Chidsey, 62, took over privately held Subway in November 2019, after having previously run industry rival Burger King. Miami Herbert students quickly discovered that Chidsey, who has a JD and an MBA degree from Emory University and is a certified public accountant, has mindboggling levels of C-suite experience at his disposal.
From behind a small white roundtable, he shared valuable business insights, flanked by Andre Dua, senior partner and managing partner at McKinsey & Company (Miami Office)—co-hosts of the Future of Leadership CEO Speaker Series—and Paul A. Pavlou, the new dean of Miami Herbert.
Chidsey stressed that anyone aiming for the highest echelons of Corporate America should have oodles of intellectual curiosity. Equally important is an appreciation for how relationships, even casual ones established outside the workplace, can sometimes shift career progression into overdrive.
After earning a bachelor’s degree from Davidson College, in North Carolina, in 1983, “I got a law degree and an MBA and became a CPA, and I was thinking, `How could you use all these degrees?’’’ Chidsey recalled. “I was thinking I could go be an investment banker, which is something I was always intrigued by. I ultimately went into structured finance, where you actually need to understand lots of legal, arcane things. I did that in New York and London for, I don’t know, about five years.”
Chidsey learned that what appeared to be a glittery career track full of stimulating intellectual challenges was actually the vocational equivalent of fool’s gold.
“I didn’t want to do deals for the rest of my life—it’s not very fulfilling. You don’t ever find out how the deals work, and you’re not really building teams and beating your numbers,” Chidsey said.

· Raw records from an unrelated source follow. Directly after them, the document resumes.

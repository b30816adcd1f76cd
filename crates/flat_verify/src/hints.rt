//! What a list of steps tells by itself: what guards it, what a value was just set by.
ghost use Rattle.std.specs.Prelude.{◌≡◌, ◌==◌, ◌&&◌, not, ℕ, OnOk, if◌then◌else◌};
ghost use Rattle.flat_code.specs.CodeViews.{step_of};
ghost use Rattle.flat_discipline.specs.Facts.{tell, untold, branch, origin_of, masked_if, guard_after, test_if, test_after};
ghost use Rattle.flat_verify.specs.Hints.{here_of, origin_at, origin_written, guard_written, test_written};

use crate::steps::sets;
use bb_words::steps::ArithOp;
use flat_code::code::FlatStep;
use std::alloc::{AllocError, Global};

/// The steps run only where the value `index` is below the value `count`.
#[derive(Clone, Copy)]
pub struct Limit {
    pub index: u32,
    pub count: u32,
}

/// What just set a value.
#[derive(Clone, Copy)]
pub enum SetBy {
    Other,
    InFrame(u32),
    Constant(u32),
    AtMost(u32),
}

/// A value that was set by testing a limit.
#[derive(Clone, Copy)]
pub struct Test {
    pub value: u32,
    pub limit: Limit,
}

/// A value, and what set it last.
#[derive(Clone, Copy)]
pub struct LastSet {
    pub value: u32,
    pub by: SetBy,
}

/// What is told before a step.
#[derive(Drop)]
pub struct Hints {
    pub guard: Option<Limit>,
    pub test: Option<Test>,
    pub origins: Vec<LastSet>,
}

/// What is told at the begin of a list.
pub(crate) fn untold(alloc: Global) -> Hints
    ensures { here_of result ≡ untold }
{
    Hints {
        guard: None,
        test: None,
        origins: Vec::new(alloc),
    }
}

/// What is told where an `If` found its value not to be 0.
pub(crate) fn branch(alloc: Global, told: &Hints, cond: u32) -> Hints
    ensures { here_of result ≡ branch (here_of told.now) cond }
{
    let guard = match told.test {
        Some(test) => {
            if test.value == cond {
                Some(test.limit)
            } else {
                None
            }
        }
        None => None,
    };
    Hints {
        guard,
        test: None,
        origins: Vec::new(alloc),
    }
}

// What set the value last.
pub(crate) fn origin_at(origins: &[LastSet], value: u32) -> SetBy
    ensures { origin_written result ≡ origin_at origins.now value }
{
    match origins {
        [] => SetBy::Other,
        [first, rest @ ..] => {
            if value == first.value {
                first.by
            } else {
                origin_at(rest, value)
            }
        }
    }
}

// The value was set by this.
fn set_now(origins: &mut Vec<LastSet>, value: u32, by: SetBy) -> Result<(), AllocError>
    ensures { OnOk result ((v : ℕ) → origin_at origins.new.items v ≡ (if v == value then origin_written by else origin_at origins.old.items v)) }
{
    for k in 0..origins.len() {
        if origins[k].value == value {
            origins[k] = LastSet { value, by };
            return Ok(());
        }
    }
    origins.push(LastSet { value, by })?;
    Ok(())
}

fn masked_if(op: ArithOp, by: SetBy) -> SetBy
    ensures { origin_written result ≡ masked_if op (origin_written by) }
{
    match op {
        ArithOp::And => match by {
            SetBy::Constant(m) => SetBy::AtMost(m),
            _ => SetBy::Other,
        },
        _ => SetBy::Other,
    }
}

#[tactic(auto, using(flat_code::proofs::CodeViewed::flat_views))]
fn origin_of(told: &Hints, step: &FlatStep) -> SetBy
    ensures { origin_written result ≡ origin_of (here_of told.now) (step_of step.now) }
{
    match step {
        FlatStep::FrameAt { to: _, offset } => SetBy::InFrame(*offset),
        FlatStep::Number { to: _, value } => SetBy::Constant(value.0),
        FlatStep::Arith {
            to: _,
            op,
            left: _,
            right,
        } => masked_if(*op, origin_at(&told.origins, *right)),
        _ => SetBy::Other,
    }
}

#[tactic(auto, using(flat_code::proofs::CodeViewed::flat_views))]
fn guard_after(guard: Option<Limit>, step: &FlatStep) -> Option<Limit>
    ensures { guard_written result ≡ guard_after (guard_written guard) (step_of step.now) }
{
    match step {
        FlatStep::Arith {
            to,
            op: _,
            left: _,
            right: _,
        } => match guard {
            Some(limit) => {
                if limit.index == *to || limit.count == *to {
                    None
                } else {
                    Some(limit)
                }
            }
            None => None,
        },
        _ => None,
    }
}

fn test_of(op: ArithOp, to: u32, left: u32, right: u32) -> Option<Test>
    ensures { (c : ℕ) → test_written result c ≡ test_if op ((c == to) && (not (left == to) && not (right == to))) left right }
{
    match op {
        ArithOp::Ltu => {
            if left == to || right == to {
                None
            } else {
                Some(Test {
                    value: to,
                    limit: Limit {
                        index: left,
                        count: right,
                    },
                })
            }
        }
        _ => None,
    }
}

#[tactic(auto, using(flat_code::proofs::CodeViewed::flat_views))]
fn test_after(step: &FlatStep) -> Option<Test>
    ensures { (c : ℕ) → test_written result c ≡ test_after (step_of step.now) c }
{
    match step {
        FlatStep::Arith {
            to,
            op,
            left,
            right,
        } => test_of(*op, *to, *left, *right),
        _ => None,
    }
}

/// What is told after a step.
pub(crate) fn tell(told: &mut Hints, step: &FlatStep) -> Result<(), AllocError>
    ensures { OnOk result (here_of told.new ≡ tell (here_of told.old) (step_of step.now)) }
{
    let by = origin_of(told, step);
    told.guard = guard_after(told.guard, step);
    told.test = test_after(step);
    if let Some(to) = sets(step) {
        set_now(&mut told.origins, to, by)?;
    }
    Ok(())
}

“Luckily, when I was a kid in high school, I used to bag groceries for a man, and little did I know that 15 years later, he would help me,” Chidsey laughed. “He was one of the top five executives at PepsiCo, so I stayed in touch with him and called him one day, and asked, `Any chance you could get me an interview at Pepsi?’”
Chidsey became Pepsi’s CFO for Eastern Europe, which called for a move to Vienna. He performed well, but didn’t care for the corporate bureaucracy he encountered.

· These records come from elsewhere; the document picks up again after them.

//! The first demand that is not met.
ghost use Rattle.std.specs.Prelude.{◌≡◌, ◌<◌, None, map, length, IfOk};
ghost use Rattle.flat_verify.specs.Views.{fact_of, demand_of};
ghost use Rattle.flat_verify.specs.SheetViews.{sheet_of};
ghost use Rattle.flat_verify.specs.Sheets.{known, marked_if};
ghost use Rattle.flat_verify.specs.Sheets as sheet;
ghost use Rattle.flat_verify.specs.Verdict.{any_unknown, lower, first_unmet};
ghost use Rattle.flat_verify.specs.Verdict as verdict;

use crate::facts::{Demand, Fact};
use crate::sheets::{NoMemory, Sheet};

fn marked_if(marks: &[bool], cell: Option<usize>) -> bool
    ensures { result ≡ marked_if marks.now cell }
{
    match cell {
        Some(n) => n < marks.len() && marks[n],
        None => false,
    }
}

// Whether the fact is lost before the item at the place.
fn is_lost(
    sheets: &[Sheet],
    marks: &[bool],
    f: usize,
    place: u32,
    fact: Fact,
) -> Result<bool, NoMemory>
    requires { f < length sheets.now }
    ensures { IfOk result (λ b. b ≡ sheet.is_lost (map sheet_of sheets.now) marks.now f place (fact_of fact)) }
{
    let cell = sheets[f].fact_cell(place, fact)?;
    Ok(marked_if(marks, cell))
}

fn any_unknown(
    sheets: &[Sheet],
    marks: &[bool],
    f: usize,
    place: u32,
    facts: &[Fact],
) -> Result<bool, NoMemory>
    requires { f < length sheets.now }
    ensures { IfOk result (λ b. b ≡ any_unknown (known (map sheet_of sheets.now) marks.now f place) (map fact_of facts.now)) }
{
    for fact in facts {
        if is_lost(sheets, marks, f, place, *fact)? {
            return Ok(true);
        }
    }
    Ok(false)
}

fn lower(found: Option<u32>, place: u32) -> Option<u32>
    ensures { result ≡ lower found place }
{
    match found {
        Some(other) => {
            if place < other {
                Some(place)
            } else {
                Some(other)
            }
        }
        None => Some(place),
    }
}

fn is_unmet(sheets: &[Sheet], marks: &[bool], f: usize, demand: &Demand) -> Result<bool, NoMemory>
    requires { f < length sheets.now }
    ensures { IfOk result (λ b. b ≡ verdict.is_unmet (known (map sheet_of sheets.now) marks.now f) (demand_of demand.now)) }
{
    if demand.fits {
        any_unknown(sheets, marks, f, demand.at, &demand.facts)
    } else {
        Ok(true)
    }
}

/// The first place of a demand of function `f` that is not met by the marks.
pub fn first_unmet(
    sheets: &[Sheet],
    marks: &[bool],
    f: usize,
    demands: &[Demand],
) -> Result<Option<u32>, NoMemory>
    requires { f < length sheets.now }
    ensures { IfOk result (λ o. o ≡ first_unmet (known (map sheet_of sheets.now) marks.now f) None (map demand_of demands.now)) }
{
    let mut found: Option<u32> = None;
    for demand in demands {
        if is_unmet(sheets, marks, f, demand)? {
            found = lower(found, demand.place);
        }
    }
    Ok(found)
}
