//! Where the global objects of a program lie.
use crate::facts::GlobalBlock;
use bb_words::list::List;

/// The blocks of a program's global objects.
#[derive(Drop)]
pub struct GlobalBlocks {
    pub globals: List<GlobalBlock>,
}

“This is for the birds— I gotta get outta here!’” Chidsey remembered saying, prompting laughter from the Miami Herbert audience.
A connection Chidsey made while working as a desk clerk at an Atlanta hotel after college helped him secure a position with Cendant Corporation, a small holding firm that owned hotel companies and generated roughly $300 million in revenues and $30 million in cash flow, Chidsey said. During his time at Cendant, it went on a blistering eight-year run in which it acquired 80 firms, including H&R Block, Avis, Century 21, and Coldwell Banker. At the relatively junior age of 35, Chidsey was entrusted with overall responsibility for Avis car rental, among other duties.
After helping Cendant rise to $26 billion in revenues and $4 billion in cash flow, Chidsey ran Burger King from 2006 to 2011, then for eight years did private equity deals where he bought and sold companies, before becoming Subway’s CEO in 2019.
“Just go along for the ride, it’s a big adventure,” Chidsey advised his Miami Herbert audience. “You’re going to get lots of opportunities in life.”